The Mathematical Syntax of Architectures
Christoph F. Strnadl
TL;DR
This work develops a rigorous mathematical syntax for architectures, modeling them as structures $(A, R, F)$ and formalizing views, sub-architectures, and n-tier partitions. It introduces architecture homomorphisms and the category Arch to compare architectures, and proves key results such as a precise characterization of n-tier architectures via surjective homomorphisms to elementary templates, alongside a No-Go theorem showing that modularity cannot be defined purely syntactically. The application section demonstrates compatibility with major standards (e.g., ISO 42010, ArchiMate) and situates the framework within foundational work, including Wilkinson 2018 and Dickersen 2020, while the discussion connects to model theory and outlines future refinements and extensions.
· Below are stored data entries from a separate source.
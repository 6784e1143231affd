//! What a stage makes of a number.

ghost use Rattle.std.specs.Prelude.{◌≡◌, ◌≤◌, ◌*◌, pos, negsuc, ◌≤ℤ◌};
ghost use Rattle.ps_calc.specs.Stages.{at_stage, hundredths_at, staged_of};

#[tactic(auto, unfolding(crate::specs::Stages::hundredths_at))]
fn stage_hundredths(stage: i8) -> u16
    requires low { negsuc 5 ≤ℤ stage }
    requires high { stage ≤ℤ pos 6 }
    ensures value { result ≡ hundredths_at stage }
    ensures high { result ≤ 400 }
{
    match stage {
        -6 => 25,
        -5 => 28,
        -4 => 33,
        -3 => 40,
        -2 => 50,
        -1 => 66,
        _ => 100 + 50 * stage as u16,
    }
}

/// A number at a stage, -6 to 6, rounded down.
#[tactic(auto, unfolding(crate::specs::Stages::at_stage))]
pub(crate) fn by_stage(number: u16, stage: i8) -> u32
    requires low { negsuc 5 ≤ℤ stage }
    requires high { stage ≤ℤ pos 6 }
    ensures value { result ≡ at_stage number stage }
    ensures high { result ≤ 4 * number }
{
    u32::from(number) * u32::from(stage_hundredths(stage)) / 100
}

/// A stat at a stage, -6 to 6: so many hundredths of it, rounded down, and 1 to 999.
#[tactic(auto, unfolding(crate::specs::Stages::staged_of))]
pub fn staged(stat: u16, stage: i8) -> u16
    requires low { negsuc 5 ≤ℤ stage }
    requires high { stage ≤ℤ pos 6 }
    ensures value { result ≡ staged_of stat stage }
    ensures low { 1 ≤ result }
    ensures high { result ≤ 999 }
{
    by_stage(stat, stage).clamp(1, 999) as u16
}
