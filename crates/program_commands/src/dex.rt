//! Reads the dex file that the words name.
ghost use Rattle.std.specs.Prelude.{◌≡◌, Some, None, IfOk, IfErr};
ghost use Rattle.std.specs.Option.{option_copied};
ghost use Rattle.replay_drill.specs.Plain.{HasPlainNames};
ghost use Rattle.program_commands.specs.Steps.{dex_in};
ghost use Rattle.program_commands.specs.Setups.{Stands, Gave, Ended, StepCause};

use crate::file::read_file;
use crate::status::Status;
use ps_dex::dex::Dex;
use ps_dex::fault::DexFault;
use ps_outside::files::Files;
use std::alloc::Global;

/// The most bytes of a dex file.
pub const MOST_DEX: u32 = 16_777_216;

/// The dex of the file of this name, or the status that says why there is none.
fn read_dex<F: Files>(alloc: Global, files: &mut F, name: &str) -> Result<Dex, Status>
    ensures same { F.contents files.new ≡ F.contents files.old }
    ensures value { IfOk result (Gave (F.contents files.old) (λ lookup. dex_in lookup (Some name.now))) }
    ensures plain { IfOk result HasPlainNames }
    ensures counts { IfOk result (λ _. F.counts files.new ≡ F.counts files.old) }
    ensures ended { IfErr result (Ended (F.contents files.old) (Some name.now) (λ lookup. dex_in lookup (Some name.now))) }
    ensures cause { IfErr result (StepCause (Some name.now) (F.counts files.old) (F.counts files.new)) }
{
    let bytes = match read_file(alloc, files, name, MOST_DEX) {
        Err(status) => return Err(status),
        Ok(bytes) => bytes,
    };
    match Dex::read(alloc, &bytes) {
        Ok(dex) => Ok(dex),
        Err(DexFault::NoMemory) => Err(Status::NoMemory),
        Err(DexFault::Fault { path, kind }) => Err(Status::BadDex { path, kind }),
    }
}

/// The dex of the file of this name, or one of which nothing is said where no file is named.
pub fn dex_or_none<F: Files>(
    alloc: Global,
    files: &mut F,
    named: Option<&str>,
) -> Result<Dex, Status>
    ensures same { F.contents files.new ≡ F.contents files.old }
    ensures value { IfOk result (Gave (F.contents files.old) (λ lookup. dex_in lookup (option_copied named.entry))) }
    ensures stands { IfOk result (Stands (F.contents files.old) (option_copied named.entry)
        (λ lookup. dex_in lookup (option_copied named.entry))) }
    ensures plain { IfOk result HasPlainNames }
    ensures counts { IfOk result (λ _. F.counts files.new ≡ F.counts files.old) }
    ensures ended { IfErr result (Ended (F.contents files.old) (option_copied named.entry)
        (λ lookup. dex_in lookup (option_copied named.entry))) }
    ensures alone { IfErr result (λ s. option_copied named.entry ≡ None → s ≡ Status.NoMemory) }
    ensures cause { IfErr result (StepCause (option_copied named.entry) (F.counts files.old) (F.counts files.new)) }
{
    match named {
        None => Ok(Dex::empty(alloc)),
        Some(name) => read_dex(alloc, files, name),
    }
}
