//! The commands of the program: their words, the files that these name, the statuses that a run ends with, the check of a team
//! against the rules of a format, and teams' export texts.
#![tactic(auto)]

pub mod check;
pub mod config;
pub mod convert;
pub mod dex;
pub mod field;
pub mod file;
pub mod kept_words;
pub mod status;
pub mod words;
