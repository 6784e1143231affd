//! Health as those see it who don't own the member.

ghost use Rattle.std.specs.Prelude.{◌≡◌, ◌<◌, ◌≤◌, ◌↔◌};
ghost use Rattle.ps_calc.specs.Health.{hundredths_of, pixels_of};

/// How many hundredths of its greatest health, `max`, a member has, rounded up, 0 to 100: 0 only where it has none, and 100
/// only at full health.
#[tactic(auto, unfolding(crate::specs::Health::hundredths_of))]
pub fn hundredths(hp: u16, max: u16) -> u8
    requires hp { hp ≤ max }
    requires low { 0 < max }
    ensures value { result ≡ hundredths_of hp max }
    ensures high { result ≤ 100 }
    ensures none { result ≡ 0 ↔ hp ≡ 0 }
    ensures full { result ≡ 100 ↔ hp ≡ max }
{
    if hp == 0 {
        return 0;
    }
    if hp == max {
        return 100;
    }
    let (part, whole) = (u32::from(hp), u32::from(max));
    ((100 * part + (whole - 1)) / whole).min(99) as u8
}

/// How many 48ths of its greatest health, `max`, a member has, 0 to 48: 0 only where it has none, else rounded down and at
/// least 1, so 48 only at full health.
#[tactic(auto, unfolding(crate::specs::Health::pixels_of), using(crate::proofs::Shares::share_within, crate::proofs::Shares::whole_share))]
pub fn pixels(hp: u16, max: u16) -> u8
    requires hp { hp ≤ max }
    requires low { 0 < max }
    ensures value { result ≡ pixels_of hp max }
    ensures high { result ≤ 48 }
    ensures none { result ≡ 0 ↔ hp ≡ 0 }
    ensures full { result ≡ 48 ↔ hp ≡ max }
{
    if hp == 0 {
        return 0;
    }
    let (part, whole) = (u32::from(hp), u32::from(max));
    (48 * part / whole).max(1) as u8
}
The work provides a foundational, formal lens for architecture that complements semantic approaches and supports rigorous reasoning about structure, similarity, and modularity in complex systems.
Abstract
Despite several (accepted) standards, core notions typically employed in information technology or system engineering architectures lack the precise and exact foundations encountered in logic, algebra, and other branches of mathematics. In this contribution we define the syntactical aspects of the term architecture in a mathematically rigorous way. We motivate our particular choice by demonstrating (i) how commonly understood and expected properties of an architecture -- as defined by various standards -- can be suitably identified or derived within our formalization, (ii) how our concept is fully compatible with real life (business) architectures, and (iii) how our definition complements recent foundational work in this area (Wilkinson 2018, Dickersen 2020, Efatmaneshnik 2020). We furthermore develop a rigorous notion of architectural similarity based on the notion of homomorphisms allowing the class of architectures to be regarded as a category, Arch. We demonstrate the applicability of our concepts to theory by deriving theorems on the classification of certain types of architectures. Inter alia, we derive a no go theorem proving that, in contrast to n-tier architectures, one cannot sensibly define generic architectural modularity on the syntactical level alone.